CN100386221C - Construction method of electric vehicle flywheel battery auxiliary power supply system - Google Patents

Abstract

The present invention discloses a method for forming an auxiliary power supply system of a flywheel battery of an electric vehicle. An auxiliary power supply system of a flywheel battery of an electric vehicle is additionally provided with an auxiliary power supply of a flywheel battery on the basis of a main power supply of an electric vehicle; the auxiliary power supply of a flywheel battery is used for storing the regenerative braking feedback energy of the electric vehicle and assisting the main power supply in supplying electricity to an electric motor at the time of the acceleration or the grade climbing of the electric vehicle. The auxiliary power supply system is composed of a flywheel battery unit and a DC conversion DC/DC voltage regulator. The auxiliary power supply of a flywheel battery not only can extend the service life of the main power supply but also can use large discharge current to assist the main power supply in supplying electricity at the time of the acceleration of the electric vehicle due to the large power density of a flywheel battery. Thus, the acceleration performance of the electric vehicle is improved. The system has no need of greatly changing the principle and the structure of an original electric vehicle control system, so the technical innovation can be conveniently enforced. In addition, the present invention which has the characteristic of wide use can be used for electric vehicles such as electric automobiles, electric bicycles, electric tricycles, etc. Thus, the social benefits and the economic benefits are great.

Description

Construction method of electric vehicle flywheel battery auxiliary power supply system

technical field

The invention belongs to the technical field of electric vehicle drive control, and relates to a method for constructing an electric vehicle drive system that uses a flywheel battery as an auxiliary power supply and has an energy regenerative braking function and a short-term power boost function. The system can be applied to the field of electric vehicles. It can also be further extended and applied to electric vehicles such as electric motorcycles, electric tricycles, and electric bicycles.

Background technique

An important factor that restricts the wide application of electric vehicles is their short mileage, and regenerative braking is the key to saving energy and increasing the mileage of electric vehicles. It has significant economic value and social benefits. At present, many experiments at home and abroad It has been implemented in the car.
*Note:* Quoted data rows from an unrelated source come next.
//! Tests of what stands at the edges: the words of the command line, scripts, and jobs on devices.
#![tactic(auto)]

#[cfg(test)]
mod command_words;
#[cfg(test)]
mod devices;
#[cfg(test)]
mod scripts;
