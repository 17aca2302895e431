// One line: its call made.
ghost use Rattle.std.specs.Prelude.{IfOk};
ghost use Rattle.replay_text.specs.Answer.{Within, slice};

use replay_images::Machine;
use replay_input::read_line;
use replay_text::{Unanswered, Words};

// Makes the line's call: arithmetic has a small letter.
pub fn answer(text: &[u8], machine: &mut Machine) -> Result<Words, Unanswered>
    ensures { IfOk result (λ words. Within (slice words)) }
{
    let line = read_line(text).ok_or(Unanswered::BadLine)?;
    let words = line.words();
    if line.letter.is_ascii_lowercase() {
        return replay_ops::call(line.letter, words);
    }
    replay_calls::image_call(line.letter, words, machine)
}
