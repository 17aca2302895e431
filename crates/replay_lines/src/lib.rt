// Replays a list of calls from a reader to a writer. A line has a letter and the bits
// of the arguments, floats as words of eight hexadecimal digits, a matrix as 16 of them by rows:
//
//     s W           float32::sqrt
//     c W           float32::cos
//     m W*16 W*16   matrix::mat_mul
//     t W*16        matrix::transpose
//     i W*16        matrix::inverse
//
// Other calls are made on running things that begin as zeros: an image of 24,224 bytes, an item of
// 128, a key of 8 and a mirror of 17,840. A call is lent the first LEN bytes of the item, or of what
// its line names. `-` is a word that is not looked at.
//
//     I W*26        puts the words over the item's first 104 bytes, least byte first
//     O AT BYTE     puts a byte over the image's byte at AT
//     Y W W         puts the words over the key's eight bytes, least byte first: has_rhw,
//                   lighting_enabled, specular_enable, vertex_blend_indexed, preview,
//                   light_active_mask, fog_mode, vertex_blend_count
//     J AT W        puts the word over the mirror's four bytes at 4 * AT, least byte first
//     F - LEN       calls::image_fresh, on the image's first LEN bytes
//     X - LEN       calls::image_check, on the same
//     S STATE LEN   transform_calls::set_transform
//     M STATE LEN   transform_calls::multiply_transform
//     T STATE LEN   transform_calls::transform
//     P - -         transform_calls::world_palette_used
//     W - LEN       transform_calls::world_view_projection
//     A - LEN       calls::set_material
//     B - LEN       calls::material
//     L INDEX LEN   light_calls::set_light_at
//     E INDEX ON    light_calls::set_light_enabled_at
//     G INDEX LEN   light_calls::get_light_at
//     N INDEX -     light_calls::is_light_enabled_at
//     D INDEX -     light_calls::is_light_defined_at
//     V - -         light_calls::vs_source_light_inputs
//     C - -         light_calls::compacted_light_masks
//     K BITS -      calls::mark_ff_vs_dirty
//     Q - -         calls::take_ff_vs_dirty
//     H FIELD W     sets one of the five values at the image's end: 0 calls::set_fog_start,
//                   1 calls::set_fog_end, 2 calls::set_fog_density, 3 calls::set_ambient,
//                   4 calls::set_texture_mask of W's least byte
//     R - LEN       refresh_calls::refresh under the key, on the mirror's first LEN bytes
//     U BIT LEN     pack_calls::fill_section of the section whose dirty bit is BIT, under the key,
//                   into the mirror's first LEN bytes
//     Z BIT -       pack_calls::section_rows of that section under the key; of the bit 0
//                   pack_calls::vs_row_count
//
// The line written has the words of the answer, `refused` and a number of document 01, or `bad line`
// for one that is not of this form: so too for a LEN past the end of what is lent, an AT past the end
// of the mirror, a BIT of no section, and a FIELD above 4. The words of an accepted call on running
// things are the number that it was lent (0 where it was lent none), and the digests of the item, of
// the image and of the mirror: from 0, for each byte the sum with the byte and 1, times 0x01000193,
// modulo 2^32.
#![tactic(auto)]

mod line;
mod stream;

pub use stream::replay;
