// What a reader gives, line by line, to a writer.
use crate::line::answer;
use arrayvec::ArrayVec;
use replay_images::Machine;
use replay_input::{Input, KEPT, next_line};
use replay_text::{HELD, Unanswered, hold_answer, write_held};
use std::io::{Read, Result, Write};

// A loop has to end, and nothing says that the input does: so the turns are counted, up to a number
// that no run reaches.
pub fn replay<R: Read, W: Write>(from: &mut R, to: &mut W) -> Result<()> {
    let mut machine = Machine::new();
    let mut input = Input::new();
    let mut line = ArrayVec::<u8, KEPT>::new();
    let mut held = ArrayVec::<u8, HELD>::new();
    for _ in 0..u64::MAX {
        if !next_line(from, &mut input, &mut line)? {
            break;
        }
        hold_answer(to, &mut held, answer(line.as_slice(), &mut machine))?;
    }
    // A last line with no newline is no call.
    if !line.is_empty() {
        hold_answer(to, &mut held, Err(Unanswered::BadLine))?;
    }
    write_held(to, &mut held)?;
    to.flush()
}
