// Reading a script.
ghost use Rattle.scripts.specs.Reads.{Read, lines_of, script_fault_of};
ghost use Rattle.std.specs.Prelude.{◌≡◌};

use crate::line::Line;
use crate::reader::read_line;
use crate::script::Script;
use limits::{Fault, Layer, ReadError, Refusal};
use std::alloc::Global;

// The most lines of a script.
const MOST_LINES: usize = 1_024;

// The longest script, in bytes: one byte more decides that bytes are no script.
pub const MOST_SCRIPT_BYTES: u64 = 24_576;

// The fault of a script at a line.
fn script_fault(place: usize) -> Fault
    ensures answer { result ≡ script_fault_of place }
{
    Fault {
        layer: Layer::Script,
        refusal: Refusal::ScriptForm,
        place,
    }
}

impl Script {
    // The script that the bytes are the text of, or the first line at fault.
    pub fn read(heap: Global, bytes: &[u8]) -> Result<Script, ReadError>
        ensures answer { Read bytes.now result }
    {
        let mut lines = Vec::new(heap);
        let mut rest = bytes;
        while !rest.is_empty() {
            let place = lines.len() + 1;
            if place > MOST_LINES {
                return Err(script_fault(place).into());
            }
            let (line, after) = read_line(rest).ok_or(script_fault(place))?;
            lines.push(line)?;
            rest = after;
        }
        Ok(Script { lines })
    }

    // The lines, in their own order.
    pub fn lines(&self) -> &[Line]
        ensures answer { result.now ≡ lines_of self.now }
    {
        self.lines.as_slice()
    }
}
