//! Tests of the crates for tags and for the catalogue, through their public calls. Nothing here is for other crates.
#![tactic(auto)]

#[cfg(test)]
mod codes;
#[cfg(test)]
mod items;
#[cfg(test)]
mod json;
#[cfg(test)]
mod lines;
#[cfg(test)]
mod queries;
#[cfg(test)]
mod records;
#[cfg(test)]
mod shown;
#[cfg(test)]
mod streams;
#[cfg(test)]
mod tables;
#[cfg(test)]
mod tags;
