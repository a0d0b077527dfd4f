//! `fault_lines`: the line of an error that needs more records than a case can state.

use fault_lines::records_line;
use records_import::RecordError;
use std::alloc::AllocError;

#[test]
fn too_many_records_are_reported_by_a_line(rt: HostRuntime) -> Result<(), AllocError> {
    let line = records_line(rt.alloc(), &RecordError::TooMany { row: 65_537 })?;
    assert_eq!(rt;
        line.as_slice(),
        b"records: record 65537 too many\n".as_slice()
    );
    Ok(())
}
The regenerative braking on the existing electric vehicle is to make the motor work in the generator state when the vehicle brakes, convert kinetic energy or gravitational potential energy into electric energy feedback and store it in the battery.

The main disadvantage of this solution is that frequent braking of the vehicle will cause the battery to be charged and discharged frequently, which will cause certain losses to the battery and affect the life of the battery. In addition, the battery is the only power source of the electric vehicle. When the vehicle accelerates or climbs a hill, the battery will be discharged with a large current, which is also detrimental to the life of the battery.

Contents of the invention

In view of the defects and deficiencies in the prior art above, the purpose of the present invention is to provide a method for constructing an auxiliary power supply system for an electric vehicle flywheel battery. The method of the present invention adds an auxiliary power supply on the basis of the main power supply of the electric vehicle battery, namely Flywheel battery unit and DC/DC voltage regulator. The main power supply provides most of the energy required for the operation of the electric vehicle. The regenerative braking feedback energy of the electric vehicle is stored in the flywheel battery unit through the voltage regulator. When the vehicle accelerates and climbs a slope, the voltage regulator releases the energy stored in the flywheel battery unit. Comes out and supplies power to the motor in parallel with the main power supply.

As a new energy storage element (also known as flywheel battery), flywheel (Fiy-wheel) has attracted people's attention due to its advantages of high efficiency, energy saving, long service life and no environmental pollution. And with the rapid development of new material technology, precision machining technology and power electronics technology, flywheel energy storage technology has increasingly shown its great superiority. Compared with other energy storage technologies, the flywheel as a battery energy storage has high specific energy, high specific power, high efficiency, no pollution, wide application range, no noise, long life, simple maintenance, continuous work, and modularization The advantages of design and manufacture are very suitable for applications with instantaneous high power and frequent charging and discharging. In the 21st century, this energy storage technology is bound to bring a revolution to energy storage, showing the development prospects of green energy storage technology.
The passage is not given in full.